Стороны пытались всеми средствами воздействовать на судей, не щадили друг друга в своих речах, приводили с собою, вопреки запрещению закона, своих жен, престарелых родителей и малолетних детей, которые убитым видом, стенаниями и слезами старались разжалобить судей.

По окончании судоговорения происходила подача голосов судьями. Голосование было тайным без предварительного совещания между судьями. Голосовали посредством камешков белых или цельных и черных или просверленных, из которых первые служили для оправдания, а вторые — для обвинения.

В IV—III веках голосовали посредством цельных или просверленных медных пластинок, сохранивших старое название камешков. Аристотель так описывает процедуру голосования: гелиасты, избранные по жребию заведовать баллотировочными камешками, вручали каждому из судей по два камешка — белый и черный или цельный и просверленный; вручали эти камешки так, чтобы стороны видели, что никто из судей не получил по два одинаковых камешка. При этом другой гелиаст, также избранный по жребию, отбирал у судей жезлы и выдавал им взамен бронзовые марки, по предъявлении которых они получали от должностных лиц финансового ведомства свое вознаграждение.
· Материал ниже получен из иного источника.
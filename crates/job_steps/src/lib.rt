//! Steps of a plan one after another, over any plan and any site.
#![tactic(auto)]

ghost use Rattle.std.specs.Prelude.{IsTrue, IfOk, IfErr};
ghost use Rattle.shard_table.specs.Table.{Row};
ghost use Rattle.plan_steps.specs.AnyPlans.{Plans, Tries};
ghost use Rattle.job_steps.specs.Steps.{CanStep, Went, TakesSteps, HasStepCause, HasCauseWithin, has_ended};

mod countdown;
mod engine;

pub use countdown::Countdown;
pub use engine::{Engine, Halt, Slot, Work};
use site_model::Site;

#[cfg(test)]
mod tests;

/// Whether steps remain.
#[derive(Clone, Copy, Debug, PartialEq, Eq)]
pub enum More {
    Running,
    Done,
}

/// Why a step failed.
#[derive(Clone, Copy, Debug, PartialEq, Eq)]
pub enum StepFault {
    Fault { server: u32 },
    Unsound { volume: u32, rule: u8 },
}

/// A plan that runs, with the places of its volume's shards.
pub trait Plan {
    ghost plans: { Plans };

    ghost running: { Self → plans.Running };

    ghost places: { Self → Row };

    /// Takes the next step, or nothing at the plan's end, and tells whether any step remains.
    fn run_step<T: Site>(&mut self, site: &mut T) -> Result<More, StepFault>
        requires ready { CanStep plans (IsTrue T.tells) (running self.old)
            (places self.old) (T.disk site.old).files }
        ensures went { IfOk result (λ more.
            Went plans (IsTrue T.tells) (running self.old) 1 (has_ended more) (running self.new)
            (places self.old) (places self.new) (T.disk site.old) (T.disk site.new)) }
        ensures tries { IsTrue T.tells →
            Tries plans 1 (plans.plan (running self.old)).volume (running self.old)
            (places self.old) (T.disk site.old) (T.disk site.new) }
        ensures counts { TakesSteps 1 (T.servers site.old) (T.servers site.new)
            (T.counts site.old) (T.counts site.new) }
        ensures cause { IfErr result
            (HasStepCause plans (IsTrue T.tells) (running self.old) (T.disk site.old).files
            (T.counts site.old) (T.counts site.new)) };
}

/// Runs so many steps, or fewer if the plan comes to its end, and tells whether it did.
pub fn run_steps<P: Plan, T: Site>(
    plan: &mut P,
    site: &mut T,
    steps: u32,
) -> Result<bool, StepFault>
    requires ready { CanStep P.plans (IsTrue T.tells) (P.running plan.old)
        (P.places plan.old) (T.disk site.old).files }
    ensures went { IfOk result (λ ended.
        Went P.plans (IsTrue T.tells) (P.running plan.old) steps ended (P.running plan.new)
        (P.places plan.old) (P.places plan.new) (T.disk site.old) (T.disk site.new)) }
    ensures tries { IsTrue T.tells →
        Tries P.plans steps (P.plans.plan (P.running plan.old)).volume (P.running plan.old)
        (P.places plan.old) (T.disk site.old) (T.disk site.new) }
    ensures counts { TakesSteps steps (T.servers site.old) (T.servers site.new)
        (T.counts site.old) (T.counts site.new) }
    ensures cause { IfErr result
        (HasCauseWithin P.plans (IsTrue T.tells) (P.running plan.old)
        (P.places plan.old) (T.disk site.old).files (T.counts site.old) (T.counts site.new)) }
{
    let mut taken = 0;
    while taken < steps {
        match plan.run_step(site) {
            Ok(More::Done) => return Ok(true),
            Ok(More::Running) => taken += 1,
            Err(fault) => return Err(fault),
        }
    }
    Ok(false)
}
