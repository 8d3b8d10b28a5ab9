//! The smallest plan.
#![tactic(auto)]

ghost use Rattle.std.specs.Prelude.{[]};
ghost use Rattle.job_steps.specs.Countdown.{countdown};

use crate::{More, Plan, StepFault};
use site_model::Site;

/// So many steps that touch no file.
#[derive(Debug, Drop)]
pub struct Countdown {
    pub left: u32,
}

impl Plan for Countdown {
    ghost plans = { countdown };

    ghost running = { λ c. c.left };

    ghost places = { λ c. [] };

    fn run_step<T: Site>(&mut self, _site: &mut T) -> Result<More, StepFault> {
        self.left = self.left.saturating_sub(1);
        let ended = self.left == 0;
        Ok(if ended { More::Done } else { More::Running })
    }
}
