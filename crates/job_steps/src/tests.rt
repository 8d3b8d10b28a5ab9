//! Steps of a job, over the smallest plan.
use crate::{Countdown, Engine, Halt, Slot, Work};
use job_board::Board;
use site_mem::MemSite;
use std::collections::BTreeMap;
use std::test::Fail;

#[test]
fn a_job_goes_on_by_the_steps_given_until_it_ends(rt: HostRuntime) -> Result<(), Fail> {
    let mut site = MemSite::new(rt.alloc(), 1)?;
    let mut slots = BTreeMap::new(rt.alloc());
    slots.insert(7, Slot::Coded)?;
    let mut board = Board::new(rt.alloc());
    let job = board.start(
        7,
        Work {
            plan: Countdown { left: 3 },
            after: Slot::Plain,
        },
    )?;
    let mut engine = Engine { slots, board };
    assert_eq!(rt; engine.step(&mut site, job, 2), Ok(false));
    assert_eq!(rt; engine.slots.get(&7), Some(&Slot::Coded));
    assert_eq!(rt; engine.board.first(), Some(job));
    assert_eq!(rt; engine.step(&mut site, job, 2), Ok(true));
    assert_eq!(rt; engine.slots.get(&7), Some(&Slot::Plain));
    assert_eq!(rt; engine.board.first(), None);
    assert_eq!(rt; engine.step(&mut site, job, 1), Err(Halt::NoJob));
    Ok(())
}
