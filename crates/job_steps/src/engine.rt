//! The step of a job: its work is taken from the board, run, and given back, or its end is entered.
#![tactic(auto)]

ghost use Rattle.std.specs.Prelude.{◌≡◌, true, false, IsTrue, Some, None, Err, IfErr, if◌then◌else◌};
ghost use Rattle.job_board.specs.Jobs.{IsOut, with_work, without, work_of};
ghost use Rattle.job_steps.specs.Steps.{CanStep, Went, TakesSteps, HasCauseWithin};
ghost use Rattle.plan_steps.specs.AnyPlans.{Tries};
ghost use Rattle.job_steps.specs.Stepping.{HasSlot};
ghost use Rattle.job_steps.specs.declared.engine.Work.{Work};

use crate::{Plan, StepFault, run_steps};
use job_board::Board;
use site_model::Site;
use std::collections::BTreeMap;

/// What the store has of a volume.
#[derive(Clone, Copy, Debug, PartialEq, Eq)]
pub enum Slot {
    Plain,
    Coded,
    Lost,
}

/// A plan that runs, and the slot that its end gives the volume.
#[derive(Debug, Drop)]
pub struct Work<P> {
    pub plan: P,
    pub after: Slot,
}

/// Why steps were not run.
#[derive(Clone, Copy, Debug, PartialEq, Eq)]
pub enum Halt {
    NoJob,
    Step(StepFault),
}

/// The volumes and the unfinished jobs.
#[derive(Drop)]
pub struct Engine<P> {
    pub slots: BTreeMap<u32, Slot>,
    pub board: Board<Work<P>>,
}

// Gives the volume another slot, where it has one. It takes no memory.
fn set_slot(slots: &mut BTreeMap<u32, Slot>, volume: u32, after: Slot)
    ensures { HasSlot slots.old slots.new volume after }
{
    if let Some(slot) = slots.get_mut(&volume) {
        *slot = after;
    }
}

impl<P: Plan + Drop> Engine<P> {
    ghost use Rattle.job_steps.specs.Stepping.{StepsJob, HasHaltCause};

    /// Runs so many steps of the job, or fewer where it ends, and tells whether it did.
    pub fn step<T: Site>(&mut self, site: &mut T, job: u64, steps: u32) -> Result<bool, Halt>
        requires ready { (work : Work P) → work_of self.old.board.unfinished job ≡ Some work →
            CanStep P.plans (IsTrue T.tells) (P.running work.plan)
            (P.places work.plan) (T.disk site.old).files }
        ensures refused { work_of self.old.board.unfinished job ≡ None → result ≡ Err Halt.NoJob }
        ensures steps { StepsJob job self.old self.new (λ ended was is.
            Went P.plans (IsTrue T.tells) (P.running was) steps ended (P.running is)
            (P.places was) (P.places is) (T.disk site.old) (T.disk site.new)) result }
        ensures tries { IsTrue T.tells → (work : Work P) → work_of self.old.board.unfinished job ≡ Some work →
            Tries P.plans steps (P.plans.plan (P.running work.plan)).volume (P.running work.plan)
            (P.places work.plan) (T.disk site.old) (T.disk site.new) }
        ensures counts { TakesSteps steps (T.servers site.old) (T.servers site.new)
            (T.counts site.old) (T.counts site.new) }
        ensures cause { IfErr result (HasHaltCause (λ fault.
            (work : Work P) → work_of self.old.board.unfinished job ≡ Some work →
            HasCauseWithin P.plans (IsTrue T.tells) (P.running work.plan)
            (P.places work.plan) (T.disk site.old).files (T.counts site.old) (T.counts site.new) fault)) }
    {
        let Some(volume) = self.board.volume_of(job) else {
            return Err(Halt::NoJob);
        };
        let Some(work) = self.board.take(job) else {
            return Err(Halt::NoJob);
        };
        let Work { mut plan, after } = work;
        let ran = run_steps(&mut plan, site, steps);
        let ended = ran.unwrap_or(false);
        self.enter(job, volume, Work { plan, after }, ended);
        match ran {
            Ok(ended) => Ok(ended),
            Err(fault) => Err(Halt::Step(fault)),
        }
    }

    // Finishes the job, and gives its volume the slot that the work makes; or else gives the work back.
    fn enter(&mut self, job: u64, volume: u32, work: Work<P>, ended: bool)
        requires out { IsOut self.old.board.unfinished job }
        ensures board { self.new.board ≡
            (if ended then without self.old.board job else with_work self.old.board job (Some work)) }
        ensures slot { ended ≡ true → HasSlot self.old.slots self.new.slots volume work.after }
        ensures slots { ended ≡ false → self.new.slots ≡ self.old.slots }
    {
        if ended {
            let after = work.after;
            self.board.finish(job);
            set_slot(&mut self.slots, volume, after);
        } else {
            self.board.give(job, work);
        }
    }
}
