// No code: the rows of a map that keeps the ranges and the rules 12 to 15, 18 and 20 are lawful, and what is read back from them is that map.
#![tactic(auto)]
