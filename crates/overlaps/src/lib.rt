// 21: the first register in map order that shares a byte with an earlier one unlawfully, found in the order of the addresses.
#![tactic(auto)]

ghost use Rattle.std.specs.Prelude.{◌≡◌, true, [], ◌<◌, ◌≤◌, length};
ghost use Rattle.basics.specs.Judged.{verdict};
ghost use Rattle.basics.specs.Limits.{register_limit};
ghost use Rattle.orders.specs.Keys.{Keyed};
ghost use Rattle.orders.specs.Unique.{meets, first_meeting, SomeMeeting};
ghost use Rattle.sizes.specs.Ready.{known, Ready};
ghost use Rattle.sizes.specs.Shapes.{all_shapes};
ghost use Rattle.map_rules.specs.Whole.{has_access, overlapping};
ghost use Rattle.map_walk.specs.Walks.{elements_of, registers_of};
ghost use Rattle.overlaps.specs.Charted.{Charted, has_in, plot_in, last_place};
ghost use Rattle.overlaps.specs.Sweeps.{register_count, start_in, stretch_in, clash_in, LowStarts, Sweepable, side_of, Reaches};

use basics::{Refusal, Rule};
use components::Component;
use fields::{AccessRight, Offset};
use orders::Bounds;
use sizes::Extent;

// A register of the log: its type's row, its address and its size in bytes.
#[derive(Clone, Copy)]
pub struct Plot {
    pub row: usize,
    pub address: Offset,
    pub size: u64,
}

// A register's bytes, up to the one behind its last; and its access: it counts as readable unless every field is write-only, and as
// writable unless every field is read-only. Two registers may share a byte unless both count as readable or both as writable.
#[derive(Clone, Copy)]
pub struct Stretch {
    pub start: u64,
    pub end: u64,
    pub readable: bool,
    pub writable: bool,
}

// How far the registers passed reach, of the readable or of the writable ones, and which of them reaches so far.
#[derive(Clone, Copy)]
pub struct Side {
    pub end: u64,
    pub who: usize,
}

// Whether a field has this access; what is no field has each.
fn is_access(component: Component, access: u64) -> bool
    ensures { result ≡ has_in access component }
{
    match component {
        Component::Field(field) => field.sw == access,
        _ => true,
    }
}

// Whether every field of a register has this access.
fn has_access(text: &[u8], cells: &[u64], extent: Extent, row: usize, access: u64) -> bool
    requires { Ready text.now cells.now extent × (row < extent.rows) }
    ensures { result ≡ has_access (known text.now cells.now extent) access row }
{
    let span = cells::instances_of(cells, row);
    for i in span.from..span.to {
        let entry = basics::cell(cells, i);
        let component = cells::component_at(cells, cells::row_in(entry));
        if !is_access(component, access) {
            return false;
        }
    }
    true
}

// A register of the log.
#[tactic(auto, unfolding(crate::specs::Charted::plot_in))]
fn plot_at(shapes: &[u64], log: &[u64], i: usize) -> Plot
    requires { i ≤ register_limit }
    ensures { result ≡ plot_in shapes.now log.now i }
{
    let head = basics::cell(log, i * register_log::LOG_WIDTH);
    let address = Offset(register_log::head_address(head));
    let row = register_log::head_row(head);
    Plot {
        row,
        address,
        size: sizes::shape_at(shapes, row).size,
    }
}

// Where the name of a register of the log stands: that of its path's last step.
#[tactic(auto, unfolding(crate::specs::Charted::last_place))]
fn place_at(log: &[u64], i: usize) -> usize
    requires { i ≤ register_limit }
    ensures { result ≡ last_place log.now i }
{
    let start = i * register_log::LOG_WIDTH;
    let depth = register_log::head_depth(basics::cell(log, start));
    register_log::step_start(basics::cell(log, start + depth))
}

// The bytes and the access of a register of the log.
#[tactic(auto, unfolding(crate::specs::Sweeps::stretch_in))]
fn stretch_at(
    text: &[u8],
    cells: &[u64],
    shapes: &[u64],
    log: &[u64],
    extent: Extent,
    i: usize,
) -> Stretch
    requires { Charted text.now cells.now shapes.now log.now extent extent.map × (i < register_count text.now cells.now extent) }
    ensures { result ≡ stretch_in (known text.now cells.now extent) shapes.now log.now i }
{
    let plot = plot_at(shapes, log, i);
    let writer = fields::access_code(AccessRight::W);
    let reader = fields::access_code(AccessRight::R);
    let write_only = has_access(text, cells, extent, plot.row, writer);
    let read_only = has_access(text, cells, extent, plot.row, reader);
    Stretch {
        start: plot.address.0,
        end: plot.address.0 + plot.size,
        readable: !write_only,
        writable: !read_only,
    }
}

// A side with one register more, if it belongs to that side.
#[tactic(auto, unfolding(crate::specs::Sweeps::side_of))]
fn side_after(side: Side, belongs: bool, end: u64, number: usize) -> Side
    ensures { result ≡ side_of side belongs end number }
{
    if belongs && side.end < end {
        Side { end, who: number }
    } else {
        side
    }
}

// Whether a side reaches into a register that belongs to it.
fn reaches(side: Side, belongs: bool, start: u64) -> bool
    ensures { Reaches side belongs start result }
{
    belongs && start < side.end
}

// A pass in the order of the addresses over the registers whose number is below a limit: one that overlaps an earlier one, or the limit
// where none does.
fn pass(
    text: &[u8],
    cells: &[u64],
    shapes: &[u64],
    log: &[u64],
    extent: Extent,
    order: &[u64],
    limit: usize,
) -> usize
    requires { Sweepable text.now cells.now shapes.now log.now extent order.now × (limit ≤ register_count text.now cells.now extent) }
    ensures { SomeMeeting (clash_in text.now cells.now shapes.now log.now extent) limit result }
{
    let mut readable = Side { end: 0, who: 0 };
    let mut writable = Side { end: 0, who: 0 };
    for &key in order {
        let number = key as usize % basics::REGISTER_LIMIT;
        if limit <= number {
            continue;
        }
        let stretch = stretch_at(text, cells, shapes, log, extent, number);
        if reaches(readable, stretch.readable, stretch.start) {
            return readable.who.max(number);
        }
        if reaches(writable, stretch.writable, stretch.start) {
            return writable.who.max(number);
        }
        readable = side_after(readable, stretch.readable, stretch.end, number);
        writable = side_after(writable, stretch.writable, stretch.end, number);
    }
    limit
}

// The first register that overlaps an earlier one, where `hit` is one that does: a pass halves those that are left.
fn bisect(
    text: &[u8],
    cells: &[u64],
    shapes: &[u64],
    log: &[u64],
    extent: Extent,
    order: &[u64],
    hit: usize,
) -> usize
    requires { Sweepable text.now cells.now shapes.now log.now extent order.now × (hit < register_count text.now cells.now extent) × (meets (clash_in text.now cells.now shapes.now log.now extent) hit hit ≡ true) }
    ensures { result ≡ first_meeting (clash_in text.now cells.now shapes.now log.now extent) (register_count text.now cells.now extent) }
{
    let mut bounds = Bounds { low: 0, high: hit };
    while bounds.low < bounds.high {
        let middle = bounds.low + (bounds.high - bounds.low + 1) / 2;
        let found = pass(text, cells, shapes, log, extent, order, middle);
        bounds = orders::narrowed(bounds, middle, found);
    }
    bounds.high
}

// The first register that overlaps an earlier one, by the keys in order; how many registers there are where none does.
fn first_in_order(
    text: &[u8],
    cells: &[u64],
    shapes: &[u64],
    log: &[u64],
    extent: Extent,
    order: &[u64],
) -> usize
    requires { Sweepable text.now cells.now shapes.now log.now extent order.now }
    ensures { result ≡ first_meeting (clash_in text.now cells.now shapes.now log.now extent) (register_count text.now cells.now extent) }
{
    let count = order.len();
    let found = pass(text, cells, shapes, log, extent, order, count);
    if found == count {
        return count;
    }
    bisect(text, cells, shapes, log, extent, order, found)
}

// Puts the keys of the registers of the log: the address, and below it the register's number.
fn put_keys(log: &[u64], keys: &mut [u64])
    requires { (length keys.old ≤ register_limit) × LowStarts log.now (length keys.old) }
    ensures { Keyed (start_in log.now) register_limit keys.new }
{
    for i in 0..keys.len() {
        let address = register_log::head_address(basics::cell(log, i * register_log::LOG_WIDTH));
        keys[i] = address * basics::REGISTER_LIMIT as u64 + i as u64;
    }
}

// The first register that overlaps an earlier one, with room for the keys; how many registers there are where none does.
#[tactic(auto, using(crate::proofs::Plots::few_keys, crate::proofs::Plots::low_starts, crate::proofs::Plots::sweepable))]
fn first_with_room(
    text: &[u8],
    cells: &[u64],
    shapes: &[u64],
    log: &[u64],
    extent: Extent,
    keys: &mut [u64],
) -> usize
    requires { Charted text.now cells.now shapes.now log.now extent extent.map × (length keys.old ≡ register_count text.now cells.now extent) }
    ensures { result ≡ first_meeting (clash_in text.now cells.now shapes.now log.now extent) (register_count text.now cells.now extent) }
{
    put_keys(log, keys);
    orders::sort(keys);
    first_in_order(text, cells, shapes, log, extent, keys)
}

// The first register in map order that overlaps an earlier one. Registers that stand in the order of their addresses, and don't overlap,
// are read a few times and no more.
pub fn first_overlap(
    text: &[u8],
    cells: &[u64],
    shapes: &[u64],
    log: &[u64],
    extent: Extent,
    count: usize,
) -> Result<(), Refusal>
    requires { Charted text.now cells.now shapes.now log.now extent extent.map × (count ≡ length (registers_of text.now cells.now extent extent.map)) }
    ensures { verdict result ≡ overlapping (known text.now cells.now extent) (all_shapes text.now cells.now extent) [] (elements_of text.now cells.now extent extent.map) }
{
    let mut keys = [0u64; basics::REGISTER_LIMIT];
    let first = first_with_room(text, cells, shapes, log, extent, &mut keys[0..count]);
    if first == count {
        return Ok(());
    }
    Err(Rule::RegistersOverlap.at(place_at(log, first)))
}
Делалось это для того, чтобы никто из судей не уклонялся от подачи голосов, так как не участвующий в голосовании не получал марки и, следовательно, вознаграждения. В суде стояли две амфоры: бронзовая и деревянная. Стояли они порознь одна от другой, чтобы нельзя было незаметно подкинуть лишних камешков. В эти амфоры судьи опускали камешки. Бронзовая амфора была закрыта крышкой с узким отверстием посредине, в которое мог пройти только один камешек, чтобы никто не мог незаметно опустить двух. Когда камешки были розданы, глашатай объявлял: «Просверленный (черный) камешек за первого говорившего, цельный (белый) — за говорившего последним». После этого судья брал камешек так, чтобы не показать сторонам цельный он или просверленный, и опускал камешек, выражающий его приговор, в бронзовую амфору, а не имеющий значения — в деревянную. Когда подача голосов заканчивалась, служители брали бронзовую амфору и высыпали опущенные в нее камешки на счетную доску, снабженную углублениями, облегчающими раскладку и подсчет камешков. Затем камешки раскладывались на счетной доске; просверленные — отдельно от цельных и так, чтобы они были видны сторонам и судьям. В случае сомнения в правильности голосования справлялись, одинаково ли число камешков в обеих амфорах, так как деревянная амфора служила только для контроля бронзовой.

После подсчета камешков глашатай объявлял результаты голосования. При равенстве голосов подсудимый считался оправданным.